Focusing on the prediction of an unfavorable illness course especially features related to affective instability had a relevant contribution. We found no differences between predicting full-duration DSM-IV episodes and brief episodes according to the NIMH-algorithm. Of the nine BPF, affective instability, impulsivity, and self-mutilation/suicidality showed a clear relationship to overall mood episode frequency. Our study can not reveal the direction of the relationship between rapid cycling and personality characteristics, i.e., a causal relationship. It may be that a rapid cycling course of BD is driving these personality characteristics or conversely that these personality characteristics induce rapid cycling. In contrast, many core features of BPD such as avoiding abandonment, interpersonal instability, identity disturbance, chronic emptiness, intense anger, and paranoid/dissociation are not related to rapid cycling BD. Our findings suggest that focusing on the shared core phenomenon of mood instability per se, and related phenomena such as impulsivity and suicidality, does not help to differentiate (ultra)rapid cycling BD from BPD. In contrast, one should look for other features of BPD (avoiding abandonment, interpersonal instability, identity disturbance, chronic emptiness, intense anger, and paranoid/dissociation) that are not typically present in rapid cycling BD.

Our study has several limitations. First, and most importantly, the use of a self-reported screening measure of BPD may overestimate the prevalence of BPD. Low agreement has been observed between PDQ-4+ and Structured Clinical Interview for DSM-IV Axis II Disorders (SCID-II) (First et al. 1997), and hence, the PDQ-4+ has been criticized for its tendency to overdiagnose PDs (Fossati et al. 1998). However, this may be more relevant in the detection of full-criteria PD’s than in isolated PD-features. Still, it is plausible that analyses based on BPD ratings obtained from a diagnostic interview for BPD instead of self-report may have yielded different findings. Second, the interpretation of some questions of PDQ-4+ may be somewhat different when answered in the context of BP than BPD. Third, given the naturalistic nature of the study, all patients received state-of-the-art pharmacological treatment tailored to their individual needs. Because of the complexity and high degree of inter-and intra-individual variation among treatment strategies, even during 1 year of follow-up, we could not take this into account in our analyses. The same is true for a highly heterogeneous illness course preceding baseline assessments among participants. Fourth, we focused on episode frequency and did not take into account the severity of illness episodes. Finally, there was no comparison group of patients with a primary or single diagnosis of BPD, although our main outcome measure, mood episode frequency, does not apply to patients with BPD without comorbid mood disorder.

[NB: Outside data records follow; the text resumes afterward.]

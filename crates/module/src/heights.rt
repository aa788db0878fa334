// The number in a function's record: the largest height that one of its words leaves, in one pass over them.
ghost use Rattle.std.specs.Prelude.{◌≡◌, List, ℕ, ◌+◌, ◌≤◌, ◌<◌, false, eqb, length};
ghost use Rattle.definitions.specs.Instruction.{flow};
ghost use Rattle.definitions.specs.Stack.{height_after, following, height_number};
ghost use Rattle.state.specs.Words.{instr_of, instrs_of};
ghost use Rattle.widths.specs.Turns.{turn};

use crate::words::opcode;
use numerals::op_places::JUMP;
use numerals::places::{UPPER, WORD_FIRST};
use widths::height_onward;

// The height that a word's instruction leaves, met at height h, and whether the next place is met at it.
fn left_by(w: u32, h: u64) -> (u64, bool)
    requires { h < 4294967296 }
    ensures left { ((t : List ℕ) → result.0 ≡ height_after (instr_of t w) h) × (result.0 ≤ h + 2) }
    ensures onward { (t : List ℕ) → result.1 ≡ eqb (turn (flow (instr_of t w).op)) 0 }
{
    let a = w / WORD_FIRST % UPPER;
    let b = w % WORD_FIRST;
    height_onward(opcode(w), a as u64, b as u64, h)
}

// The height at the next place where it is not the one left: after a jump one less, or 0, after a return 0.
fn height_turned(w: u32, h: u64) -> u64
    requires { (t : List ℕ) → eqb (turn (flow (instr_of t w).op)) 0 ≡ false }
    ensures { ((t : List ℕ) → result ≡ following (flow (instr_of t w).op) (instr_of t w) h) × (result ≤ h) }
{
    match opcode(w) {
        JUMP => h.saturating_sub(1),
        _ => 0,
    }
}

// The number of some words.
pub(crate) fn height_of(words: &[u32]) -> u64
    requires { length words.now < 65536 }
    ensures { (t : List ℕ) → result ≡ height_number (instrs_of t words.now) }
{
    let mut h = 0u64;
    let mut most = 0u64;
    for i in 0..words.len() {
        let (left, onward) = left_by(words[i], h);
        most = most.max(left);
        h = if onward {
            left
        } else {
            height_turned(words[i], h)
        };
    }
    most
}
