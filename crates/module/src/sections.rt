// The sections from the areas: each writer is lent the rest of the output, from the byte where the one before it ended.
ghost use Rattle.std.specs.Prelude.{ℕ, ◌≡◌, ◌≤◌, ◌<◌, ◌^◌, length, drop, get_or};
ghost use Rattle.state.specs.Words.{region};
ghost use Rattle.state.specs.State.{strings_from, heads_from, codes_from, class_names_from, class_methods_from, methods_from, constants_from, done_from};
ghost use Rattle.writing.specs.Wrote.{Wrote};
ghost use Rattle.module.specs.Sections.{Roomy, texts_bytes, bodies_bytes};
ghost use Rattle.module.specs.Props.{roomy-prop};

use crate::classes::{Classes, Constants};
use crate::functions::{Functions, words_part};
use crate::list::{list_size, write_list};
use crate::symbols::{Strings, Symbols};
use numerals::places::{
    CLASS_METHODS_FROM, CLASS_NAMES_FROM, CODES_FROM, CONSTANTS_FROM, FINISHED_FROM, HEADS_FROM,
    METHODS_FROM, METHODS_ROOM, STRINGS_FROM,
};
use state::Counts;

// What a lowering leaves, from which its module is written: the tree, the bytes of the made names, the two areas, and how much of them is used.
#[derive(Clone, Copy)]
pub struct Lowered<'a> {
    pub tree: &'a [u8],
    pub made: &'a [u8],
    pub code: &'a [u32],
    pub tables: &'a [u32],
    pub counts: Counts,
    pub ghost tree_bytes: { (i : ℕ) → get_or tree.now i 0 < 256 },
    pub ghost made_bytes: { (i : ℕ) → get_or made.now i 0 < 256 },
    pub ghost roomy: { Roomy code.now tables.now counts } by { roomy-prop _ _ _ },
}

impl<'a> Lowered<'a> {
    // By a function, which knows of slices lent to it that their elements are bytes.
    pub fn new(
        tree: &'a [u8],
        made: &'a [u8],
        code: &'a [u32],
        tables: &'a [u32],
        counts: Counts,
    ) -> Lowered<'a>
        requires { Roomy code.now tables.now counts }
        ensures tree { result.tree.now ≡ tree.now }
        ensures made { result.made.now ≡ made.now }
        ensures code { result.code.now ≡ code.now }
        ensures tables { result.tables.now ≡ tables.now }
        ensures counts { result.counts ≡ counts }
    {
        Lowered {
            tree,
            made,
            code,
            tables,
            counts,
        }
    }

    // The lists, as parts of the areas.
    fn symbols(&self) -> Symbols<'a>
        ensures tree { result.tree.now ≡ self.now.tree.now }
        ensures made { result.made.now ≡ self.now.made.now }
        ensures entries { result.entries.now ≡ region 0 self.now.counts.symbols self.now.tables.now }
    {
        Symbols {
            tree: self.tree,
            made: self.made,
            entries: words_part(self.tables, 0, self.counts.symbols as usize),
        }
    }

    fn strings(&self) -> Strings<'a>
        ensures tree { result.tree.now ≡ self.now.tree.now }
        ensures entries { result.entries.now ≡ region strings_from self.now.counts.strings self.now.tables.now }
    {
        Strings {
            tree: self.tree,
            entries: words_part(self.tables, STRINGS_FROM, self.counts.strings as usize),
        }
    }

    fn functions(&self) -> Functions<'a>
        ensures tree { result.tree.now ≡ self.now.tree.now }
        ensures finished { result.finished.now ≡ drop done_from self.now.code.now }
        ensures heads { result.heads.now ≡ region heads_from self.now.counts.functions self.now.tables.now }
        ensures places { result.places.now ≡ region codes_from self.now.counts.functions self.now.tables.now }
    {
        let n = self.counts.functions as usize;
        Functions {
            tree: self.tree,
            finished: &self.code[FINISHED_FROM..],
            heads: words_part(self.tables, HEADS_FROM, n),
            places: words_part(self.tables, CODES_FROM, n),
        }
    }

    fn classes(&self) -> Classes<'a>
        ensures tree { result.tree.now ≡ self.now.tree.now }
        ensures methods { result.methods.now ≡ region methods_from 256 self.now.tables.now }
        ensures names { result.names.now ≡ region class_names_from self.now.counts.classes self.now.tables.now }
        ensures places { result.places.now ≡ region class_methods_from self.now.counts.classes self.now.tables.now }
    {
        let n = self.counts.classes as usize;
        Classes {
            tree: self.tree,
            methods: words_part(self.tables, METHODS_FROM, METHODS_ROOM),
            names: words_part(self.tables, CLASS_NAMES_FROM, n),
            places: words_part(self.tables, CLASS_METHODS_FROM, n),
        }
    }

    fn constants(&self) -> Constants<'a>
        ensures { result.entries.now ≡ region constants_from self.now.counts.constants self.now.tables.now }
    {
        Constants {
            entries: words_part(self.tables, CONSTANTS_FROM, self.counts.constants as usize),
        }
    }

    // The bytes of symbols and strings.
    pub(crate) fn texts_size(&self) -> usize
        ensures { let s = self.now in (result ≡ length (texts_bytes s.tree.now s.made.now s.tables.now s.counts)) × (result < 2 ^ 30) }
    {
        let symbols = self.symbols();
        let strings = self.strings();
        list_size(&symbols) + list_size(&strings)
    }

    pub(crate) fn write_texts(&self, out: &mut [u8]) -> usize
        requires { let s = self.now in length (texts_bytes s.tree.now s.made.now s.tables.now s.counts) ≤ length out.old }
        ensures { let s = self.now in Wrote result (texts_bytes s.tree.now s.made.now s.tables.now s.counts) out.old out.new }
    {
        let symbols = self.symbols();
        let strings = self.strings();
        let at = write_list(&symbols, out);
        at + write_list(&strings, &mut out[at..])
    }

    // The bytes of functions, classes and constants.
    pub(crate) fn bodies_size(&self) -> usize
        ensures { let s = self.now in (result ≡ length (bodies_bytes s.tree.now s.code.now s.tables.now s.counts)) × (result < 2 ^ 31) }
    {
        let functions = self.functions();
        let classes = self.classes();
        let constants = self.constants();
        list_size(&functions) + list_size(&classes) + list_size(&constants)
    }

    pub(crate) fn write_bodies(&self, out: &mut [u8]) -> usize
        requires { let s = self.now in length (bodies_bytes s.tree.now s.code.now s.tables.now s.counts) ≤ length out.old }
        ensures { let s = self.now in Wrote result (bodies_bytes s.tree.now s.code.now s.tables.now s.counts) out.old out.new }
    {
        let functions = self.functions();
        let classes = self.classes();
        let constants = self.constants();
        let mut at = write_list(&functions, out);
        at += write_list(&classes, &mut out[at..]);
        at + write_list(&constants, &mut out[at..])
    }
}
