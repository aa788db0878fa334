// Lists: the count of their elements in two bytes, then the bytes of each.
ghost use Rattle.std.specs.Prelude.{◌≡◌, ◌≤◌, ◌<◌, ◌^◌, List, [], ℕ, length, get_or};
ghost use Rattle.writing.specs.Wrote.{Wrote};
ghost use Rattle.module.specs.Sections.{counted_list};

use writing::numbers::write_number;

// How many bytes the count of a list has.
const COUNT_BYTES: usize = 2;

// What a list holds: how many elements, and the bytes of each.
pub(crate) trait Listed {
    ghost elements: { Self → List (List ℕ) };

    fn count(&self) -> usize
        ensures { result ≡ length (elements self.now) };

    fn size_at(&self, i: usize) -> usize
        requires { i < length (elements self.now) }
        ensures { result ≡ length (get_or (elements self.now) i []) };

    fn write_at(&self, i: usize, out: &mut [u8]) -> usize
        requires { (i < length (elements self.now)) × (length (get_or (elements self.now) i []) ≤ length out.old) }
        ensures { Wrote result (get_or (elements self.now) i []) out.old out.new };
}

// The bytes of a list.
pub(crate) fn list_size<L: Listed>(list: &L) -> usize
    requires { length (counted_list (L.elements list.now)) < 2 ^ 63 }
    ensures { result ≡ length (counted_list (L.elements list.now)) }
{
    let mut size = COUNT_BYTES;
    for i in 0..list.count() {
        size += list.size_at(i);
    }
    size
}

pub(crate) fn write_list<L: Listed>(list: &L, out: &mut [u8]) -> usize
    requires { length (counted_list (L.elements list.now)) ≤ length out.old }
    ensures { Wrote result (counted_list (L.elements list.now)) out.old out.new }
{
    let n = list.count();
    let mut at = write_number(COUNT_BYTES, n as u64, out);
    for i in 0..n {
        at += list.write_at(i, &mut out[at..]);
    }
    at
}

Our study suggests that when differentiating (rapid cycling) BD from BPD, one should rely on those diagnostic features unrelated to mood instability. Our results show that especially avoiding abandonment, interpersonal instability, identity disturbance, chronic emptiness, intense anger, and paranoid/dissociation are features that are not typically present in (rapid cycling) BD. This may be especially relevant in the differentiation of BPD from (rapid cycling) bipolar II disorder, given the difficulty of retrospectively diagnosing hypomania in the absence of a history of mania.